# falsche subdomains werden auf eine domain umgeleitet..



## SandMan (2. Aug. 2009)

morgen, 

ich habe ein richtig dickes problem:

Wenn jemand eine subodmain (test.beispiel1.de) aufruft, die subdomain aber nicht eingerichtet wird, landet er bei (beispiel2.de), oder auch (hallo.beispiel3.de) landet ebenfalls bei (beispiel2.de)

So sieht jeder der bei irgendeiner domain die auf meinem server liegt eine falsche subdomain im browser aufruft das die page (beispiel2.de) auf meinem server auch liegt, obwohl beispiel2.de mit dem ganzen nichts zu tun hat ?!?

Es scheint wohl ein dns problem zu sein?


Lösung:
Bei allen Domains als Standardsubdomain " *. " auswählen


----------



## SandMan (2. Aug. 2009)

also ich konnte den Fehler schon einmal soweit lokalisieren das er nur auftritt bei allen Domains die über die gleiche ip laufen


----------



## Till (3. Aug. 2009)

> Wenn jemand eine subodmain (test.beispiel1.de) aufruft, die subdomain aber nicht eingerichtet wird, landet er bei (beispiel2.de), oder auch (hallo.beispiel3.de) landet ebenfalls bei (beispiel2.de)
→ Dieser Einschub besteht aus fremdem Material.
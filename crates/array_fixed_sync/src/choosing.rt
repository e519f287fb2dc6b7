//! Which role is rebuilt next.

ghost use Rattle.std.specs.Prelude.{◌≡◌, ◌≤◌, length};
ghost use Rattle.array_fixed_io.specs.sb_specs_Reading.{shape_of};
ghost use Rattle.array_fixed_io.specs.array_type_Rebuilding.{first_recovering, first_unassigned};

use array_fixed_io::{Members, Role};

/// The lowest role that a slot recovers, of so many.
pub fn first_recovering(members: &Members, disks: u32) -> Option<u32>
    requires disks { disks ≡ (shape_of members.now.newest).disks }
    requires roles { disks ≤ length members.now.roles }
    ensures { result ≡ first_recovering members.now }
{
    for role in 0..disks {
        if let Role::Recovering(_) = members.roles.get(role) {
            return Some(role);
        }
    }
    None
}

/// The lowest role that no slot holds, of so many.
pub fn first_unassigned(members: &Members, disks: u32) -> Option<u32>
    requires disks { disks ≡ (shape_of members.now.newest).disks }
    requires roles { disks ≤ length members.now.roles }
    ensures { result ≡ first_unassigned members.now }
{
    for role in 0..disks {
        if let Role::Missing = members.roles.get(role) {
            return Some(role);
        }
    }
    None
}
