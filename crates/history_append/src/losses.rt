//! The entries of the members that a call loses.

ghost use Rattle.std.specs.Prelude.{◌≡◌, ◌++◌, ◌+◌, ◌<◌, ◌≤◌, length};
ghost use Rattle.history_append.specs.Losing.{role_loss, role_losses, spare_loss, spare_losses, losses_of, IsSameEpoch};
ghost use Rattle.array_members.specs.history_Plain.{entries_of};

use crate::calls::append_entry;
use history_laws::{Epoch, Event, LostCause, Who, contains};

// A loss of this role, if it is in the set.
fn enter_role(epoch: &mut Epoch, who: Who, end: u64, roles: u32, role: u32)
    requires room { 0 < epoch.old.entries.room }
    requires number { who.number ≤ length epoch.old.entries.items }
    requires role { role < 32 }
    ensures items { epoch.new.entries.items ≡ epoch.old.entries.items ++ entries_of who end (role_loss roles role) }
    ensures room { epoch.old.entries.room ≤ epoch.new.entries.room + 1 }
    ensures same { IsSameEpoch epoch.old epoch.new }
{
    if contains(roles, role) {
        let cause = LostCause::Fault;
        append_entry(epoch, who, end, Event::Lost { role, cause });
    }
}

// A loss for each role in the set, in order.
fn enter_roles(epoch: &mut Epoch, who: Who, end: u64, roles: u32)
    requires room { 16 ≤ epoch.old.entries.room }
    requires number { who.number ≤ length epoch.old.entries.items }
    ensures items { epoch.new.entries.items ≡ epoch.old.entries.items ++ entries_of who end (role_losses roles 16) }
    ensures room { epoch.old.entries.room ≤ epoch.new.entries.room + 16 }
    ensures same { IsSameEpoch epoch.old epoch.new }
{
    for role in 0..16u32 {
        enter_role(epoch, who, end, roles, role);
    }
}

// A loss of this spare, if it is in the set.
fn enter_spare(epoch: &mut Epoch, who: Who, end: u64, spares: u32, slot: u32)
    requires room { 0 < epoch.old.entries.room }
    requires number { who.number ≤ length epoch.old.entries.items }
    requires slot { slot < 32 }
    ensures items { epoch.new.entries.items ≡ epoch.old.entries.items ++ entries_of who end (spare_loss spares slot) }
    ensures room { epoch.old.entries.room ≤ epoch.new.entries.room + 1 }
    ensures same { IsSameEpoch epoch.old epoch.new }
{
    if contains(spares, slot) {
        append_entry(epoch, who, end, Event::SpareLost { slot });
    }
}

// A loss for each spare in the set, in order.
fn enter_spares(epoch: &mut Epoch, who: Who, end: u64, spares: u32)
    requires room { 32 ≤ epoch.old.entries.room }
    requires number { who.number ≤ length epoch.old.entries.items }
    ensures items { epoch.new.entries.items ≡ epoch.old.entries.items ++ entries_of who end (spare_losses spares 32) }
    ensures room { epoch.old.entries.room ≤ epoch.new.entries.room + 32 }
    ensures same { IsSameEpoch epoch.old epoch.new }
{
    for slot in 0..32u32 {
        enter_spare(epoch, who, end, spares, slot);
    }
}

/// Enters a loss for each of these roles, and one for each of these spares.
pub fn append_losses(epoch: &mut Epoch, who: Who, end: u64, roles: u32, spares: u32)
    requires room { 48 ≤ epoch.old.entries.room }
    requires number { who.number ≤ length epoch.old.entries.items }
    ensures items { epoch.new.entries.items ≡ epoch.old.entries.items ++ entries_of who end (losses_of roles spares) }
    ensures room { epoch.old.entries.room ≤ epoch.new.entries.room + 48 }
    ensures same { IsSameEpoch epoch.old epoch.new }
{
    if roles == 0 && spares == 0 {
        return;
    }
    enter_roles(epoch, who, end, roles);
    enter_spares(epoch, who, end, spares);
}
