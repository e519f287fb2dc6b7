//! The next step of an array without a reshape.

ghost use Rattle.std.specs.Prelude.{◌≡◌, ◌≢◌, ◌+◌, ◌<◌, ◌≤◌, is_some, if◌then◌else◌, Err, OnOk, OnErr, IsTrue, false};
ghost use Rattle.array_fixed_io.specs.raid_types_the_Fault_TheVariants.{NoMemory as WantsMemory};
ghost use Rattle.array_fixed_io.specs.sb_specs_Reading.{is_clean, list_length, is_reshaping};
ghost use Rattle.array_fixed_io.specs.stripe_row_Rows.{reading_of, present};
ghost use Rattle.array_fixed_io.specs.history_World.{opening_list};
ghost use Rattle.array_fixed_io.specs.history_Flat.{now};
ghost use Rattle.array_fixed_io.specs.history_Sound.{OpensFit};
ghost use Rattle.array_fixed_io.specs.history_the_StepKind_TheVariants.{RebuildTaken as TakesRole, RebuildEnded as EndsRebuild};
ghost use Rattle.array_fixed_io.specs.array_members_Status.{left_of};
ghost use Rattle.array_fixed_io.specs.array_members_Lacking.{AreHoldersFlushed, RowsStand};
ghost use Rattle.array_fixed_io.specs.crash_views_Regions.{DoWithout};
ghost use Rattle.array_fixed_io.specs.array_call_specs_Calls.{AreHeldOrSpare, IsWholeOrLost, by_answer, AreStepsFewer, AreStepsKept, AreValuesKept, IsCausedBy};
ghost use Rattle.array_fixed_io.specs.history_invariant_Recorded.{IsCallGoing};
ghost use Rattle.array_fixed_io.specs.array_specs_Parts.{still_left};
ghost use Rattle.array_fixed_io.specs.array_specs_Calls.{moving_world};
ghost use Rattle.array_fixed_io.specs.array_specs_Plans.{ArePlansKept};
ghost use Rattle.array_fixed_io.specs.array_fixed_laws_Steps.{IsStepped, IsClosable, IsCallUnbroken};
ghost use Rattle.array_fixed_sync.specs.Resyncing.{is_at_end};
ghost use Rattle.array_fixed_io.specs.array_type_Rebuilding.{rebuilt_role, IsGivenToSpare};
ghost use Rattle.array_fixed_sync.specs.Stepping.{IsUndone, IsEnd, IsStepEntered, next_kind, after_step, IsHeldOrDue};

use crate::rebuilding::rebuild_step;
use crate::resyncing::resync_step;
use array_fixed_io::{Array, Bank, Fault, Who};

/// Does the next step of an array without a reshape, of which one is left besides those of the phases ahead: of the resync where one is
/// pending, or else of a rebuild. Where the slot that is rebuilt is lost, only the loss is entered. Refusals: `TooManyMissing`, and at a
/// stripe of a resync `NotResynced`. It takes no memory.
pub fn still_step<B: Bank>(still: &mut Array<B>, who: Who) -> Result<(), Fault>
    requires open { IsCallGoing still.old.parts.entries who }
    requires unbroken { next_kind still.old.parts.work still.old.parts.members ≡ EndsRebuild → IsCallUnbroken B.tells (moving_world (B.given still.old.parts.bank) (B.tape still.old.parts.bank) still.old) still.old.parts.entries who }
    requires caller { who.caller ≢ 254 }
    requires pending { 0 < left_of still.old.parts.work still.old.parts.members }
    requires plans { ArePlansKept B.tells (moving_world (B.given still.old.parts.bank) (B.tape still.old.parts.bank) still.old) still.old }
    requires room { 1 ≤ still.old.parts.steps }
    requires still { is_reshaping still.old.parts.members.newest ≡ false }
    ensures entered { IsStepEntered who still.old.parts.entries still.new.parts.entries still.old.parts.work still.old.parts.members still.new.parts.members (still_left still.new.parts.work still.new.parts.members still.new.ahead) result }
    ensures memory { result ≢ Err WantsMemory }
    ensures open { IsCallGoing still.new.parts.entries who }
    ensures room { still.new.parts.steps + 1 ≡ still.old.parts.steps }
    ensures work { still.new.parts.work ≡ by_answer result (after_step still.old.parts.work still.old.parts.members) still.old.parts.work }
    ensures left { OnOk result (AreStepsFewer still.old.parts.entries still.new.parts.entries (still_left still.old.parts.work still.old.parts.members still.old.ahead) (still_left still.new.parts.work still.new.parts.members still.new.ahead)) }
    ensures stays { OnErr result (AreStepsKept still.old.parts.entries still.new.parts.entries (still_left still.old.parts.work still.old.parts.members still.old.ahead) (still_left still.new.parts.work still.new.parts.members still.new.ahead)) }
    ensures closable { OnOk result (IsClosable still.new) }
    ensures list { AreValuesKept still.old.parts.entries still.new.parts.entries }
    ensures caused { IsCausedBy (list_length still.old.parts.members.newest) 0 (IsUndone still.old.parts.work still.old.parts.members) still.old.parts.members still.new.parts.members result }
    ensures clean { OnOk result (is_clean still.new.parts.members.newest ≡ (if is_some still.old.parts.work.resync then is_at_end still.old.parts.work.resync still.old.parts.members else is_clean still.old.parts.members.newest)) }
    ensures flushed { OnOk result (IsTrue (is_at_end still.old.parts.work.resync still.old.parts.members) → B.tells → AreHoldersFlushed (reading_of still.new.parts.members) (B.given still.old.parts.bank) (B.tape still.new.parts.bank)) }
    ensures good { OnOk result (IsEnd (next_kind still.old.parts.work still.old.parts.members) → B.tells → DoWithout still.new.parts.members → OpensFit (moving_world (B.given still.new.parts.bank) (B.tape still.new.parts.bank) still.new)
        → RowsStand still.new.parts.members (present (B.given still.new.parts.bank) (B.tape still.new.parts.bank)) (now (opening_list (moving_world (B.given still.new.parts.bank) (B.tape still.new.parts.bank) still.new)) still.new.parts.entries)) }
    ensures taken { OnOk result (next_kind still.old.parts.work still.old.parts.members ≡ TakesRole → IsGivenToSpare still.old.parts.members still.new.parts.members) }
    ensures whole { OnOk result (next_kind still.old.parts.work still.old.parts.members ≡ EndsRebuild → IsWholeOrLost still.old.parts.members still.new.parts.members (rebuilt_role still.old.parts.members)) }
    ensures stepped { IsStepped B.tells (B.given still.old.parts.bank) (B.tape still.old.parts.bank) (B.tape still.new.parts.bank) (IsHeldOrDue still.old.parts.work still.old.parts.members) (B.faults_of still.old.parts.bank) (B.faults_of still.new.parts.bank) still.old still.new }
    ensures held { AreHeldOrSpare still.old.parts.members still.new.parts.members }
    ensures still { is_reshaping still.new.parts.members.newest ≡ false }
    ensures given { B.given still.new.parts.bank ≡ B.given still.old.parts.bank }
{
    if still.resync().is_some() {
        return resync_step(still, who);
    }
    rebuild_step(still, who)
}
Das ist kein Fehler sondern das ist das normale Verhalten des apache Webservers. Wenn ein vhost nicht existiert wird eine Anfrage an eine nicht existierende Domain and den ersten vhost der IP weitergeleitet. Du kannst z.B. einen default vhost mit einer leeren Seite drin anlegen, wenn Du das anders haben möchtest, oder aber Du verweist ganz einfach keine Domains auf Deinen Server im DNS, die Du nicht auch einrichtest.


----------



## beliar (3. Aug. 2009)

hi sandman,

als workaround (der bei mir scheinbar funktioniert) würde ich die catchall-funktion anschalten.

-->
standardsubdomain bei den domains: *.

damit sollten subdomains die nicht existieren auf die jeweilige domain geleitet werden

hallo.beispiel3.de --> beispiel3.de
nix.domain17.de --> domain17.de

eine andere möglichkeit ist natürlich die cath-all-funktion im dns abzuschalten. in diesem fall sollte der browser die typische seite "server nicht gefunden" anzeigen wenn eine nicht existierende subdomain eingegeben wurde.


----------



## SandMan (3. Aug. 2009)

beim anlegen einer subdomain kommt folgende fehlermeldung bei mir immer wenn ich "*" oder "*." eingebe: 

Domainname ist ungültig.

@ Till: wäre es nicht logischer wenn von Haus aus  ISPConfig 3 eine Fehlermeldung anzeigen würde? Bei ISPConfig 2 war es ja auch nicht so das beim aufruf einer nicht eingerichteten subdomain eine ganz andere domain und somit auch von einem ganz anderem kunden angezeigt wurde ?


----------



## Till (3. Aug. 2009)

> beim anlegen einer subdomain kommt folgende fehlermeldung bei mir immer wenn ich "*" oder "*." eingebe:


Das kann man ja auch nicht eingeben, Du musst es bei auto subdomain auswählen wie beliar beschrieben hat.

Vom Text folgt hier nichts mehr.